Example 2: Relaxation method.

The operator $f\left( \widehat{H'}\right)$ to approximate is $\widehat{U}=e^{-\widehat{H'}\tau }$ with the maximal and minimal eigenvectors $\lambda _{min}=E_{min}$, $\lambda _{max}=E_{max}$. This is often referred to as propagation in imaginary time as it results from the above propagation operator by setting

$$t=-i\hbar \tau .$$

(Note that the propagation is actually in negative imaginary time.)

If the operator is applied to a mixed state and the result renormalised, the state with the lowest energy in the mixed state is produced and all other states are filtered out at the rate $e^{-(E_{1}-E_{0})\tau }$, where $E_{0}$ and $E_{1}$ are the lowest eigenvalues. If a higher state is sought, the ground state has to be first produced and in the second run of the method projected out before every renormalization step. There are operators $e^{-(\widehat{H'}-E)^{m}\tau },\, m$ an even number, which produce the eigenstate closest to the energy $E$ directly without the need of producing the lower states first but I shall not go into any details about these [8].

The factor $\Phi =e^{\left( \Delta E/2+E_{min}\right) \tau }$ for the relaxation operator $\widehat{U}$ is not a phase factor anymore, $f(z')=e^{-z'}$ and hence

$$b_{n}=(-1)^{n}2I_{n}\left( \alpha \right) ,\, \alpha =\frac{\Delta E\tau }{2\hbar }$$

with $I_{n}$ the modified Bessel function of first kind of order n.

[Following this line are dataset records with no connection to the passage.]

//! The numbers that a loop's index takes.
use std::marker::Model;

/// The numbers that a loop's index has still to take: the next one, and then each time the step more, while they are below the end.
/// Contracts see it as the list of these numbers.
#[derive(Drop)]
pub struct LoopNumbers {
    next: i64,
    end: i64,
    step: i64,
}

impl Model for LoopNumbers {
    ghost use Rattle.std.specs.Prelude.{List, ℤ, pos, ◌≤ℤ◌};
    ghost use Rattle.kernel_ast.specs.Steps.{numbers};

    ghost Value = { List ℤ };

    ghost view = { λ n. numbers n.next n.end n.step };

    ghost invariant = { λ n. pos 1 ≤ℤ n.step };
}

impl LoopNumbers {
    ghost use Rattle.std.specs.Prelude.{◌≡◌, pos, ◌≤ℤ◌};
    ghost use Rattle.kernel_ast.specs.Steps.{numbers};

    /// The numbers from one to below another, each time a step more.
    pub fn new(from: i64, to: i64, step: i64) -> LoopNumbers
        requires { pos 1 ≤ℤ step }
        ensures { result ≡ numbers from to step }
    {
        LoopNumbers {
            next: from,
            end: to,
            step,
        }
    }
}

impl Iterator for LoopNumbers {
    ghost use Rattle.std.specs.Iterator.{YieldsFirst, item_count};

    type Item = i64;

    ghost next_gives = { YieldsFirst (λ n. n) };

    ghost remaining = { item_count (λ n. n) };

    fn next(&mut self) -> Option<i64> {
        if self.next >= self.end {
            return None;
        }
        let number = self.next;
        self.next = number.saturating_add(self.step);
        Some(number)
    }
}
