//! Parts of a game: the part of each vertex, the game on a part, the bound that a search finds for each part, and the law that these bounds
//! add up to a bound for the game.
#![tactic(auto)]

pub mod inducing;
pub mod laws;
pub mod parts;
pub mod searching;

pub use inducing::induced;
pub use parts::part_of;
pub use searching::{PartBound, part_search, sum_of_bounds, write_tables};
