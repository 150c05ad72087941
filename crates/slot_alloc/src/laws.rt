//! Laws over all graphs, lists of moves, plays and plans. A call does nothing: its contract is the law.
ghost use Rattle.slot_alloc.specs.PlanCode.{EmittedCodePlays, PlaysAreNeat, PlanCodeIsRight};

/// The code of a complete pebbling that places no pebble where one of its colour stands plays it, keeps the bounds of a code, and has a
/// word for each input and for each store.
pub fn emitted_code_plays()
    ensures { EmittedCodePlays }
{}

/// The moves of a normal play that finishes place no pebble where one of its colour stands, and take no blue one away.
pub fn plays_are_neat()
    ensures { PlaysAreNeat }
{}

/// The code of a plan is right: on every list of as many values as the graph has inputs it runs without a fault and gives the values of the
/// output elements, and the load weight times its loads plus the store weight times its stores is what the plan costs. It plays the moves of
/// the plan, which are a complete pebbling of that cost, and keeps the bounds of a code.
pub fn plan_code_is_right()
    ensures { PlanCodeIsRight }
{}
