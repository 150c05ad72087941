//! The run of a code on a list of values, by a machine of arrays.
ghost use Rattle.std.specs.Prelude.{◌≡◌, ℕ, ◌+◌, ◌-◌, ◌^◌, ◌<◌, ◌≤◌, length};
ghost use Rattle.scratch_machine.specs.Codes.{IsInstr, IsSource, IsApply};
ghost use Rattle.scratch_machine.specs.Machines.{begun, value_read, outputs_read};
ghost use Rattle.scratch_machine.specs.Exec.{cells_of, machine_of, IsStep, IsOutputs, IsRunAnswer};
ghost use Rattle.std.specs.List.{All};

use crate::code::{Code, Instr, OutWord, Source};
use comp_graph::Op;
use std::alloc::Global;

/// What a run gives: the value of each output, in the order of the code's outputs, and how many transfers it made, which is how
/// many loads and stores it ran.
#[derive(Drop)]
pub struct Ran {
    pub outputs: Vec<i64>,
    pub transfers: u32,
}

/// Why a code was not run to its end.
#[derive(Clone, Copy, PartialEq, Eq, Debug)]
pub enum ExecEnd {
    /// The code has `needs` inputs, and `got` values were given. It comes first, exactly where the two differ.
    WrongCount { needs: u32, got: u32 },

    /// Instruction `at`, by its number from 0, reads a slot that holds nothing.
    EmptySlot { at: u32 },

    /// Instruction `at`, by its number from 0, reads a word that holds nothing. For an output whose word holds nothing at the end,
    /// `at` is the number of instructions plus the output's number from 0.
    EmptyWord { at: u32 },

    /// Memory for the outputs was wanted and not found.
    NoMemory,
}

// What an instruction reads and finds empty.
#[derive(Clone, Copy)]
enum Empty {
    Slot,
    Word,
}

// What each slot and each word holds, and how many loads and stores were made.
#[derive(Drop)]
struct Machine {
    slots: [Option<i64>; 64],
    words: [Option<i64>; 256],
    loads: u32,
    stores: u32,
}

impl Machine {
    // The machine at the start: the k-th value in word k, and nothing else.
    fn begin(values: &[i64]) -> Machine
        requires { length values.now ≤ 256 }
        ensures { machine_of result ≡ begun values.now }
    {
        let mut words = [None; 256];
        for (k, value) in values.iter().enumerate() {
            words[k] = Some(*value);
        }
        Machine {
            slots: [None; 64],
            words,
            loads: 0,
            stores: 0,
        }
    }

    // What an operand gives, or `None` where its slot holds nothing.
    fn operand(&self, source: Source) -> Option<i64>
        requires { IsSource 64 source }
        ensures { result ≡ value_read (machine_of self.now).slots source }
    {
        match source {
            Source::Slot(slot) => self.slots[slot as usize],
            Source::Const(value) => Some(value),
        }
    }

    // Runs an operation: reads its operands, and then writes its slot.
    fn apply(&mut self, op: Op, slot: u16, args: [Source; 3]) -> Result<(), Empty>
        requires { IsApply 64 op slot args }
        ensures { IsStep result (machine_of self.old) (machine_of self.new) (Instr.Apply op slot args) }
    {
        let Some(a) = self.operand(args[0]) else {
            return Err(Empty::Slot);
        };
        let Some(b) = self.operand(args[1]) else {
            return Err(Empty::Slot);
        };
        let Some(c) = self.operand(args[2]) else {
            return Err(Empty::Slot);
        };
        self.slots[slot as usize] = Some(op.value([a, b, c]));
        Ok(())
    }

    // Runs one instruction.
    fn step(&mut self, instr: &Instr) -> Result<(), Empty>
        requires valid { IsInstr 64 256 instr.now }
        requires loads { self.old.loads < 2 ^ 32 - 1 }
        requires stores { self.old.stores < 2 ^ 32 - 1 }
        ensures { IsStep result (machine_of self.old) (machine_of self.new) instr.now }
    {
        match *instr {
            Instr::Load { slot, word } => {
                let Some(value) = self.words[word as usize] else {
                    return Err(Empty::Word);
                };
                self.slots[slot as usize] = Some(value);
                self.loads += 1;
                Ok(())
            }
            Instr::Store { slot, word } => {
                let Some(value) = self.slots[slot as usize] else {
                    return Err(Empty::Slot);
                };
                self.words[word as usize] = Some(value);
                self.stores += 1;
                Ok(())
            }
            Instr::Apply { op, slot, args } => self.apply(op, slot, args),
        }
    }

    // Reads the outputs from their words. The number of the first, for a fault, is `first`.
    fn outputs(&self, alloc: Global, first: u32, outputs: &[OutWord]) -> Result<Vec<i64>, ExecEnd>
        requires few { first + length outputs.now < 2 ^ 32 }
        requires within { All (λ o. o.word < 256) outputs.now }
        ensures { IsOutputs result (outputs_read first (machine_of self.now).words outputs.now) }
    {
        let mut values = Vec::new(alloc);
        for (k, output) in outputs.iter().enumerate() {
            let Some(value) = self.words[output.word as usize] else {
                return Err(ExecEnd::EmptyWord {
                    at: first + k as u32,
                });
            };
            if values.push(value).is_err() {
                return Err(ExecEnd::NoMemory);
            }
        }
        Ok(values)
    }
}

/// Runs a code on as many values as it has inputs, and gives its outputs and the number of its transfers.
///
/// The machine has the code's slots and words, each of which holds a number or nothing. At the start the k-th value stands in word
/// k, and all else is empty. A load copies a word to a slot and a store copies a slot to a word, and each counts one transfer. An
/// operation reads its operands and then writes its slot. At the end each output is read from its word.
///
/// `WrongCount` comes where there are more or fewer values than inputs, before anything is run. Else the run ends at the first
/// instruction that reads an empty slot, by `EmptySlot`, or an empty word, by `EmptyWord`; where there is none, at the first output
/// whose word is empty, by `EmptyWord`. `NoMemory` comes where memory for the outputs is wanting. The instructions and the outputs
/// together have to be fewer than 4,294,967,295, and the values at most that many. The machine is this project's own.
pub fn exec(alloc: Global, code: &Code, values: &[i64]) -> Result<Ran, ExecEnd>
    requires few { length code.now.instructions + length code.now.outputs < 2 ^ 32 - 1 }
    requires few_values { length values.now < 2 ^ 32 }
    ensures { IsRunAnswer result code.now values.now }
{
    if values.len() != code.inputs().len() {
        return Err(ExecEnd::WrongCount {
            needs: code.inputs().len() as u32,
            got: values.len() as u32,
        });
    }
    let mut machine = Machine::begin(values);
    let instructions = code.instructions();
    for (at, instr) in instructions.iter().enumerate() {
        match machine.step(instr) {
            Ok(()) => {}
            Err(Empty::Slot) => return Err(ExecEnd::EmptySlot { at: at as u32 }),
            Err(Empty::Word) => return Err(ExecEnd::EmptyWord { at: at as u32 }),
        }
    }
    let outputs = machine.outputs(alloc, instructions.len() as u32, code.outputs())?;
    Ok(Ran {
        outputs,
        transfers: machine.loads + machine.stores,
    })
}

This time, the coefficients go to zero exponentially as $n$ becomes greater than $\sqrt{\alpha }$ so the method is very fast except for very short times where this exponentially decaying tail becomes dominant in the calculation time.

The same result is produced by

$$f(z')=\frac{a_{0}}{2}+\sum ^{\infty }_{n=1}a_{n}\chi _{n}(z')$$

with the recursion

$$\chi _{0} = \psi ,$$

$$\chi _{1} = -\widehat{H'}\psi ,$$

$$\chi _{n+1} = -2\widehat{H'}\chi _{n}-\chi _{n-1}$$

(note the changed sign of $\chi _{n-1}$ compared to the second algorithm in Ex. 1) and the coefficients

$$a_{n}=2I_{n}\left( \alpha \right) .$$

This can be shown by proving inductively that $\chi _{n}=(-1)^{n}\phi _{n}$, as obviously $b_{n}=(-1)^{n}a_{n}$:

$$\chi _{n+1} = -2\widehat{H'}\chi _{n}-\chi _{n-1}$$

$$= (-1)^{n+1}2\widehat{H'}\phi _{n}-(-1)^{n-1}\phi _{n-1}$$

$$= (-1)^{n+1}\left( 2\widehat{H'}\phi _{n}-\phi _{n-1}\right)$$

$$= (-1)^{n+1}\phi _{n+1}.$$